*** Opening Given records ***

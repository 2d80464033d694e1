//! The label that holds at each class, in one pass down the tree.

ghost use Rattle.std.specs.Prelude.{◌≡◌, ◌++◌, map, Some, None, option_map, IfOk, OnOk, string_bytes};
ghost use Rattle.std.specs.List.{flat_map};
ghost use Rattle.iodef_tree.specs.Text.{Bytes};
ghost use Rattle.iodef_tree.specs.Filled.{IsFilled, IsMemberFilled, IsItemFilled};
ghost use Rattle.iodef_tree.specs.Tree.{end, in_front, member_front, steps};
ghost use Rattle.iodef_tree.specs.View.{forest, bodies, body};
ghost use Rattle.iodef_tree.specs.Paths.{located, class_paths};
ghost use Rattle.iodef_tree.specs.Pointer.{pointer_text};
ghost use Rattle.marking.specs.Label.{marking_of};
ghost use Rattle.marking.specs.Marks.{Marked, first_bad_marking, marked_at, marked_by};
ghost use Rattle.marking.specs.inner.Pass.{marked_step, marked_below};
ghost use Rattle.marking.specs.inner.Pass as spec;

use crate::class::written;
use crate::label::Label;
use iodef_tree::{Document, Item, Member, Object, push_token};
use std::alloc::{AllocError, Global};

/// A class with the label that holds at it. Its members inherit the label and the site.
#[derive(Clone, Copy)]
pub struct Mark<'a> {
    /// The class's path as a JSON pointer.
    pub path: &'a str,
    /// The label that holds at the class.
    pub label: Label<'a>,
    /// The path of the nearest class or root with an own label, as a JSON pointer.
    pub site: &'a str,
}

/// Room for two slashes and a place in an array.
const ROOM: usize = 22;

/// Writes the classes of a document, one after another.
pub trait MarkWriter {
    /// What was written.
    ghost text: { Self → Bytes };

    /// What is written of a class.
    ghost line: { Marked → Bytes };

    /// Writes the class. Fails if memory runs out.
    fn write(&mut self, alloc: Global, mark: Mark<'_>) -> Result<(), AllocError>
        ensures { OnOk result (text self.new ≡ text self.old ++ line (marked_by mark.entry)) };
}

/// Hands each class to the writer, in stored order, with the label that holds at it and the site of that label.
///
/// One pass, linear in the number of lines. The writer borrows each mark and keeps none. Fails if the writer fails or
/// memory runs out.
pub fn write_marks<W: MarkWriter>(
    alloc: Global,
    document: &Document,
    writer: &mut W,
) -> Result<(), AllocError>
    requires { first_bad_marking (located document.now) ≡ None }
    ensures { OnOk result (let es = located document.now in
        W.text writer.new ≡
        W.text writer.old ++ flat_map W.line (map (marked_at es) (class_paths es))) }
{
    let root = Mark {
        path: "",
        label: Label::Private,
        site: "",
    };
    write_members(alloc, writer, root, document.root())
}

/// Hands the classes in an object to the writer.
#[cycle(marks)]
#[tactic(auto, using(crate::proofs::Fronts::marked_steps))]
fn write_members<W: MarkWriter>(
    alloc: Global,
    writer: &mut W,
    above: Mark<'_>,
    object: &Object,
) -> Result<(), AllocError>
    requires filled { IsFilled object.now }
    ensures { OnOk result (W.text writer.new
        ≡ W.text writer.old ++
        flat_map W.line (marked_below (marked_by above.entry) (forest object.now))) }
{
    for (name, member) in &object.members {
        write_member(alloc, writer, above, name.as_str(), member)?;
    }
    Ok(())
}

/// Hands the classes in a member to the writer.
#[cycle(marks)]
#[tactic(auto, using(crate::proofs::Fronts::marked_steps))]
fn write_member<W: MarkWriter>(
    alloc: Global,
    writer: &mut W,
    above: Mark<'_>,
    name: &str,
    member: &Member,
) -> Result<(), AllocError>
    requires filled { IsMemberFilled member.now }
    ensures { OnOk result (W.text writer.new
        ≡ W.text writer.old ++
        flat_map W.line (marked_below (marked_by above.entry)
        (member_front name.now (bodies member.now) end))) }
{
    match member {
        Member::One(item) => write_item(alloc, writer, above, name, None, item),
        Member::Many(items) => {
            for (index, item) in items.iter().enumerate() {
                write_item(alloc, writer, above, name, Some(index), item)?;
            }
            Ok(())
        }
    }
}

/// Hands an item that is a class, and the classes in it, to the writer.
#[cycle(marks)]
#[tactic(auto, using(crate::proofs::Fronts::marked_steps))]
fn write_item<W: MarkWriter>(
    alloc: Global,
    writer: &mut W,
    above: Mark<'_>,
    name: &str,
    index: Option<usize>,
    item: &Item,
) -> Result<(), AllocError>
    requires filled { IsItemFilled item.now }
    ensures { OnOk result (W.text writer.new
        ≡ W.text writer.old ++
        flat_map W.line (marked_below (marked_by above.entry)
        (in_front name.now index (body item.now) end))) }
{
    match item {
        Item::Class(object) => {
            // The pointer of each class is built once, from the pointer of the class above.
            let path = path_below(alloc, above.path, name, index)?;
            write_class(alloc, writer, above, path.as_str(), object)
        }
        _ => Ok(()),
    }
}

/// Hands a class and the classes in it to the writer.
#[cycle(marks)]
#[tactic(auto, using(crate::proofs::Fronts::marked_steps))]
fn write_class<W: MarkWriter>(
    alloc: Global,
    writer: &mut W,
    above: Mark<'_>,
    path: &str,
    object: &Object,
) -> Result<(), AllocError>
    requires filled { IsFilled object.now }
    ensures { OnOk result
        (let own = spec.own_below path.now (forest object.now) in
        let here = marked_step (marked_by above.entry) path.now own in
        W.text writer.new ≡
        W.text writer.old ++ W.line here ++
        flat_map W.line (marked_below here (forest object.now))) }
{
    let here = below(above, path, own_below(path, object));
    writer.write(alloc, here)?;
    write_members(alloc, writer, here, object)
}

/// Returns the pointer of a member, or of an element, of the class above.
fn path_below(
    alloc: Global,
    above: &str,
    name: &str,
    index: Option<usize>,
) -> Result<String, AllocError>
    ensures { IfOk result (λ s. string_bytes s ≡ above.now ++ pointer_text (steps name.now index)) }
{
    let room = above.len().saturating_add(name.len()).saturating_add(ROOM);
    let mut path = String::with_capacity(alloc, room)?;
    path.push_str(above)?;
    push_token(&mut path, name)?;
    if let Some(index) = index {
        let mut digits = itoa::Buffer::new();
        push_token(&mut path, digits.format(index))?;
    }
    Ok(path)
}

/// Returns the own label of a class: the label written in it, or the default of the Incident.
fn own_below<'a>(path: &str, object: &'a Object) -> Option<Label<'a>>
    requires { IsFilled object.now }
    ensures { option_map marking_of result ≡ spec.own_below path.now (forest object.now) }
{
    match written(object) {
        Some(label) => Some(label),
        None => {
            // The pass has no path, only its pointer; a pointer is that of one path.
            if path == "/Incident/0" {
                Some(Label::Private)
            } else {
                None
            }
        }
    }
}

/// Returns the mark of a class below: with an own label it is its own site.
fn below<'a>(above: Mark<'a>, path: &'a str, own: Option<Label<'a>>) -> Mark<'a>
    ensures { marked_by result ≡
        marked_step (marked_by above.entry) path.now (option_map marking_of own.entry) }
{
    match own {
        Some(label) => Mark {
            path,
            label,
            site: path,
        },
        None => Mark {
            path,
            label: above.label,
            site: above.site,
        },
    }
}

*** Closing Given records ***
*** Opening Given records ***

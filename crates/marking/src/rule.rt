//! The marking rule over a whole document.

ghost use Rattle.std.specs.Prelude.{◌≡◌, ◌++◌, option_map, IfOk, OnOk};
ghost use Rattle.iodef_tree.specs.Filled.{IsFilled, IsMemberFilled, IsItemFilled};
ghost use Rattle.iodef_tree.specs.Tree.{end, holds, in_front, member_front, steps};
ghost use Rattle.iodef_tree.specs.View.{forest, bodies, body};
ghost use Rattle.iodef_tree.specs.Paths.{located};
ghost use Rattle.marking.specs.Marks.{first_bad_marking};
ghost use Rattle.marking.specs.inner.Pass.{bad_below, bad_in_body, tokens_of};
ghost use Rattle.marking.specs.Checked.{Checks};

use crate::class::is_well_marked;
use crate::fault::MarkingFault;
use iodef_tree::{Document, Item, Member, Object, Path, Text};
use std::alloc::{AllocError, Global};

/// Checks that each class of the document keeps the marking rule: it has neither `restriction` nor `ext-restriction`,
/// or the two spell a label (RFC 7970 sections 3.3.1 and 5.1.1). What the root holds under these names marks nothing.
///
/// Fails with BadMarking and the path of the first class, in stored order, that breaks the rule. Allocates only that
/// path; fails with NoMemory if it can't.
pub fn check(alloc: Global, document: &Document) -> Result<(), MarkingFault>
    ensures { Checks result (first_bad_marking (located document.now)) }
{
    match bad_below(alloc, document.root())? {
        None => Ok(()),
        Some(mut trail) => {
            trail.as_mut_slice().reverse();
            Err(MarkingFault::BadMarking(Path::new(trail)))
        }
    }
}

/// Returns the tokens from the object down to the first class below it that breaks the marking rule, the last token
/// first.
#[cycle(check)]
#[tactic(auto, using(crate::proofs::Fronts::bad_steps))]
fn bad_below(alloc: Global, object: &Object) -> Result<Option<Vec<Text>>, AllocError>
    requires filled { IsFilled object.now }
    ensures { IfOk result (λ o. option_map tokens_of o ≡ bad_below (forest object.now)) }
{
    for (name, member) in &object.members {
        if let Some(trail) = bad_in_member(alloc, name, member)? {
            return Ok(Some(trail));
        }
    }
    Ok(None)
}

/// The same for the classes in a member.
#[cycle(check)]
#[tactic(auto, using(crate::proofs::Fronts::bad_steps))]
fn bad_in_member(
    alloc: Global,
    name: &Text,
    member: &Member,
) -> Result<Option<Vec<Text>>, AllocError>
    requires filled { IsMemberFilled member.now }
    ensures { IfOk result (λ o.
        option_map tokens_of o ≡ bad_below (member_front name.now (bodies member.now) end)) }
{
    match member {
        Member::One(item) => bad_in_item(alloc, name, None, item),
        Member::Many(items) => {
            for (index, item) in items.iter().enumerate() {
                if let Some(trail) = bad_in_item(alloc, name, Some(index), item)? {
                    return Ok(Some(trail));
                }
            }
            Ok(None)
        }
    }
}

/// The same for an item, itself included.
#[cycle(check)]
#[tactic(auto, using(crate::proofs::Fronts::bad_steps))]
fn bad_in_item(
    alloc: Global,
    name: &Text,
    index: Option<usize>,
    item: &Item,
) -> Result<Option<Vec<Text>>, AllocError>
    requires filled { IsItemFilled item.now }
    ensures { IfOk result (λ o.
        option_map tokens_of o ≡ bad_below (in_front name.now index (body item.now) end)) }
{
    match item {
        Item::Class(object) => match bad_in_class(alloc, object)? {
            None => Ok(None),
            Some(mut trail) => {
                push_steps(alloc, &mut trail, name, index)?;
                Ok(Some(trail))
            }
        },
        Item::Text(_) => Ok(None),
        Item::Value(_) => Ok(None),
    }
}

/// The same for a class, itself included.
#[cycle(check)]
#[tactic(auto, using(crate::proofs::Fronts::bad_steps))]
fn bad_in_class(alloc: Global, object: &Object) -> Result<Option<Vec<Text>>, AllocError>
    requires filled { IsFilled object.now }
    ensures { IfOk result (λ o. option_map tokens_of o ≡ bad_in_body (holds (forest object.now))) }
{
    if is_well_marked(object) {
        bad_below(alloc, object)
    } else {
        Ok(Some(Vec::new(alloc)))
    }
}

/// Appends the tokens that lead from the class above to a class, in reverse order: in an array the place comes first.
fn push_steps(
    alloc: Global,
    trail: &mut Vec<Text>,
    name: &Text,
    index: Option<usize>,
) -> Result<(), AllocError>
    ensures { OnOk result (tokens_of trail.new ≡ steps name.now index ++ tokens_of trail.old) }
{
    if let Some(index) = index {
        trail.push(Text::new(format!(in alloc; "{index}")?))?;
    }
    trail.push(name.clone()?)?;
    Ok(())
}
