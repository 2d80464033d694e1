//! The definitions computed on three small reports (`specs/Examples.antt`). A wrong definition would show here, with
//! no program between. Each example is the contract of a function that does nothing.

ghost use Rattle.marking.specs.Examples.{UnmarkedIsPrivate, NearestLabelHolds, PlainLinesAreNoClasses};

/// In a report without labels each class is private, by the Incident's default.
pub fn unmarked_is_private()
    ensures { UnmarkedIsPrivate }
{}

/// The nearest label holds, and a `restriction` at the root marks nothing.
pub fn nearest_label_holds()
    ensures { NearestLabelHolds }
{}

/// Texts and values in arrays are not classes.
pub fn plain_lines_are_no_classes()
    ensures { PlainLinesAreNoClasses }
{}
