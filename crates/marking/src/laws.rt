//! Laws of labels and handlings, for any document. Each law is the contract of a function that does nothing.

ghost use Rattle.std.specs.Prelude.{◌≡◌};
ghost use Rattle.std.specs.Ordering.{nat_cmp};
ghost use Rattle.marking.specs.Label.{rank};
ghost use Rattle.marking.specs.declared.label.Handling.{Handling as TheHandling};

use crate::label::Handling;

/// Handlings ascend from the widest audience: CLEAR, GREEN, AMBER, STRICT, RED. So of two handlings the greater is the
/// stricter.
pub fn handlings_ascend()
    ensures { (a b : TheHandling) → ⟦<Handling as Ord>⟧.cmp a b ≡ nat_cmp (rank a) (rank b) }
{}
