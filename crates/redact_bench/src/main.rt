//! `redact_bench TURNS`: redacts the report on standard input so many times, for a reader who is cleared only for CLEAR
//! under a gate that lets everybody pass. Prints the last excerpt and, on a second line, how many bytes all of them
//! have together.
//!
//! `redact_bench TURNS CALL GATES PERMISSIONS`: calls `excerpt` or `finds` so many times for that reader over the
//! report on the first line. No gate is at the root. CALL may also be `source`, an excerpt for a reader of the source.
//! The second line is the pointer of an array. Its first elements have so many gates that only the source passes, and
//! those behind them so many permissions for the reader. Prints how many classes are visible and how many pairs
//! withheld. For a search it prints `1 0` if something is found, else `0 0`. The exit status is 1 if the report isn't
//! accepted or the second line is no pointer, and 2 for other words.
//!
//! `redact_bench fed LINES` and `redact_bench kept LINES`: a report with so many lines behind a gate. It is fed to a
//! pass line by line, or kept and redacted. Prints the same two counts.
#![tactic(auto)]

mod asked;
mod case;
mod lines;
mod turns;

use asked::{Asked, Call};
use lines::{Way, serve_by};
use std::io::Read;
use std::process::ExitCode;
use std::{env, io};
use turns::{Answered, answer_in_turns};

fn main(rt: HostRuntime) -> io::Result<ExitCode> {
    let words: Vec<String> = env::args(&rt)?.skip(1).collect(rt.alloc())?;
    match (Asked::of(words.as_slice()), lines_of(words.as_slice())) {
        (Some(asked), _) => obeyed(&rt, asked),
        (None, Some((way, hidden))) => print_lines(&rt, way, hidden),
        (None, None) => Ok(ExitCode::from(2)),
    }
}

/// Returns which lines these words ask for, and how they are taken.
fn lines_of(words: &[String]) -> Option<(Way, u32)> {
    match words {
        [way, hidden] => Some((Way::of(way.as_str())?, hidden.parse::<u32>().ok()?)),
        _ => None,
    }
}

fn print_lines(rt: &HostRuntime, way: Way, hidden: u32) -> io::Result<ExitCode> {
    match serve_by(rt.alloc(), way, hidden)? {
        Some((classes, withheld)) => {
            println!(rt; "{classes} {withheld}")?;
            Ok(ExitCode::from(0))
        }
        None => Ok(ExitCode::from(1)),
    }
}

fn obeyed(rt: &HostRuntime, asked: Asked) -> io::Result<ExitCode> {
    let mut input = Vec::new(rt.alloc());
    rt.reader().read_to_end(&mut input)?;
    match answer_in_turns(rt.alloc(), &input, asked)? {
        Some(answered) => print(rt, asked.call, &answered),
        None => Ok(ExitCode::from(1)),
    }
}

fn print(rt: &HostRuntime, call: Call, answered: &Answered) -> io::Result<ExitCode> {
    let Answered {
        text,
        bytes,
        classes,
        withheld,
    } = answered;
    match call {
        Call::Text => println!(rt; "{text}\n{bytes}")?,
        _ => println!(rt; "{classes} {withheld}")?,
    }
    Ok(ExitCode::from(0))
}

*** Closing Given records ***
*** Opening Given records ***

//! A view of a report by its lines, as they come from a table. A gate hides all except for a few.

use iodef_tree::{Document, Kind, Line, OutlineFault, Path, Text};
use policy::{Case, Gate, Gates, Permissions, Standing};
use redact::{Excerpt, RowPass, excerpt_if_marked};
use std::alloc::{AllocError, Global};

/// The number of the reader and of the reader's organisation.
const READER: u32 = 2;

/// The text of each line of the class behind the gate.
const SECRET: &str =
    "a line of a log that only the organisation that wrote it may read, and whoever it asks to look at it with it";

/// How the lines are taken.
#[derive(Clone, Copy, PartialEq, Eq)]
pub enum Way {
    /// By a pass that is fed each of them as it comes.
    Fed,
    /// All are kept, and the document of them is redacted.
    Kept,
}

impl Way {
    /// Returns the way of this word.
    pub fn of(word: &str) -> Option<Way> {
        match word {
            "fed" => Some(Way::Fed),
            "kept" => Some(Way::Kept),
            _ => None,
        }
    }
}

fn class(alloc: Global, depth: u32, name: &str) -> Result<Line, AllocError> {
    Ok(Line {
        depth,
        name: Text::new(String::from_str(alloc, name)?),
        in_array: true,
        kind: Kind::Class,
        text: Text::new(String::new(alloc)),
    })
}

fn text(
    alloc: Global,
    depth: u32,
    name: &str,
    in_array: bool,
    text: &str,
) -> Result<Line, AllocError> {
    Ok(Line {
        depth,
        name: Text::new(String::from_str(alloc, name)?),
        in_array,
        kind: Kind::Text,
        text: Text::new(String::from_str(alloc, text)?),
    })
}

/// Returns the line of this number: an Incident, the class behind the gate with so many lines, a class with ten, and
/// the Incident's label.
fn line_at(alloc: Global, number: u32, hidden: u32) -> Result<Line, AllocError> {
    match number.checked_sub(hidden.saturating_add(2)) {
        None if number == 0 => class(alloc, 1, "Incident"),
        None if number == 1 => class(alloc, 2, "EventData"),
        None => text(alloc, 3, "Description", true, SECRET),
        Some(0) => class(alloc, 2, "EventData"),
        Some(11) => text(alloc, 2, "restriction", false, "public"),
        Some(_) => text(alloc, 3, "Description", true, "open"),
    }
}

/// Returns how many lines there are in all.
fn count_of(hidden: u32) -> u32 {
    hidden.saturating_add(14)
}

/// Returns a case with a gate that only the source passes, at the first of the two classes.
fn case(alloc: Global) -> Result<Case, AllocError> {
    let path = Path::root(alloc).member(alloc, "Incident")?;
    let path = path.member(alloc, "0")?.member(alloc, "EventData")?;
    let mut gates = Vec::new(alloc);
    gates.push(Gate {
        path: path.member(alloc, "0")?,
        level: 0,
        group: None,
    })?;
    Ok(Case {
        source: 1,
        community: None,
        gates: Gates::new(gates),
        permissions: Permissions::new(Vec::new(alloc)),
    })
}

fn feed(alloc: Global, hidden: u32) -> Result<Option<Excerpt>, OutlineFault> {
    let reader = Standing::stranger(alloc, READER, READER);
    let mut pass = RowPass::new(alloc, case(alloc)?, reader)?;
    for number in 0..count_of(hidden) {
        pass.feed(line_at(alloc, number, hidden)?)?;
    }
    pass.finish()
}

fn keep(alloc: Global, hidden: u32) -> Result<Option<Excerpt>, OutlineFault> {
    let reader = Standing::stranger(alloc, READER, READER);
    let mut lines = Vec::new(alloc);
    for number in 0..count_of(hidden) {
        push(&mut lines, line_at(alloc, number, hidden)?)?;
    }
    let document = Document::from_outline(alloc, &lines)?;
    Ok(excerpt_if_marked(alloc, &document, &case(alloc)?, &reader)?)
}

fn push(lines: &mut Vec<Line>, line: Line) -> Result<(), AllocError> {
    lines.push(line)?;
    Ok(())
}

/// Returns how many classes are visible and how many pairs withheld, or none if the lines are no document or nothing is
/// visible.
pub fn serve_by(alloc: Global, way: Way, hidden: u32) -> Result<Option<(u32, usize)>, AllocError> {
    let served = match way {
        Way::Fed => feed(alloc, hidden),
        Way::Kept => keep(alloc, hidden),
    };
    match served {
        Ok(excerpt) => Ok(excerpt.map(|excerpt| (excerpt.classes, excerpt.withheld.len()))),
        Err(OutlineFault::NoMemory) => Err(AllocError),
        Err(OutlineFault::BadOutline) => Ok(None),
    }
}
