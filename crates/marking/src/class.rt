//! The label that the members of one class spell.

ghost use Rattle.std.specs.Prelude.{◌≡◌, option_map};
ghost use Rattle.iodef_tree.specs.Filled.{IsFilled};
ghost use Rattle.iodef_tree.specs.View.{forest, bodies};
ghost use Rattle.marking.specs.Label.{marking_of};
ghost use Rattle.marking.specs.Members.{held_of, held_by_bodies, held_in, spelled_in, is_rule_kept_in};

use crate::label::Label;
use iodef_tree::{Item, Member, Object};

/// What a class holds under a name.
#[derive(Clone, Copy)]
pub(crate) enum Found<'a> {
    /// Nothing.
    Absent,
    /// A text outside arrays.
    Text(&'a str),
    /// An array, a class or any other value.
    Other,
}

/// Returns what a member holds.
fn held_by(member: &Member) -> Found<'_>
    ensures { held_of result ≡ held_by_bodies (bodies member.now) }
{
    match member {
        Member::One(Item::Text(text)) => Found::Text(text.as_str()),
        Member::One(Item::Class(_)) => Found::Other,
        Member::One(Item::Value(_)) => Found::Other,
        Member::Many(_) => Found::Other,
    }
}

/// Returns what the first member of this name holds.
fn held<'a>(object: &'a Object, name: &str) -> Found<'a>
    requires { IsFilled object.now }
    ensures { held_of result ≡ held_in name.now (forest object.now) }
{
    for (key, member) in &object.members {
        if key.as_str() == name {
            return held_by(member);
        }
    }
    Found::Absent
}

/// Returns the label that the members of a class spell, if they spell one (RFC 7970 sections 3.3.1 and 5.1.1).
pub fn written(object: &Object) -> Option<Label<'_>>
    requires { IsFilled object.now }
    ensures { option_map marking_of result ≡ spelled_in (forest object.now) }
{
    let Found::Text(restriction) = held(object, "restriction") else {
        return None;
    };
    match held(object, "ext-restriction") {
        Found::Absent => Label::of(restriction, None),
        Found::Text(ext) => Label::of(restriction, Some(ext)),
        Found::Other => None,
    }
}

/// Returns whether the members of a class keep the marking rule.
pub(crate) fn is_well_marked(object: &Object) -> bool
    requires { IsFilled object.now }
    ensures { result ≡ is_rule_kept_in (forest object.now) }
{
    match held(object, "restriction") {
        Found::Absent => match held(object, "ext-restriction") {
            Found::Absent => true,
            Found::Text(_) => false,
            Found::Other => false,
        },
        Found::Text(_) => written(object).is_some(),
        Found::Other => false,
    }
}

*** Closing Given records ***

If a line above holds the string "EventData", return it as it stands.

        None if number == 1 => class(alloc, 2, "EventData"),
        Some(0) => class(alloc, 2, "EventData"),
    let path = path.member(alloc, "0")?.member(alloc, "EventData")?;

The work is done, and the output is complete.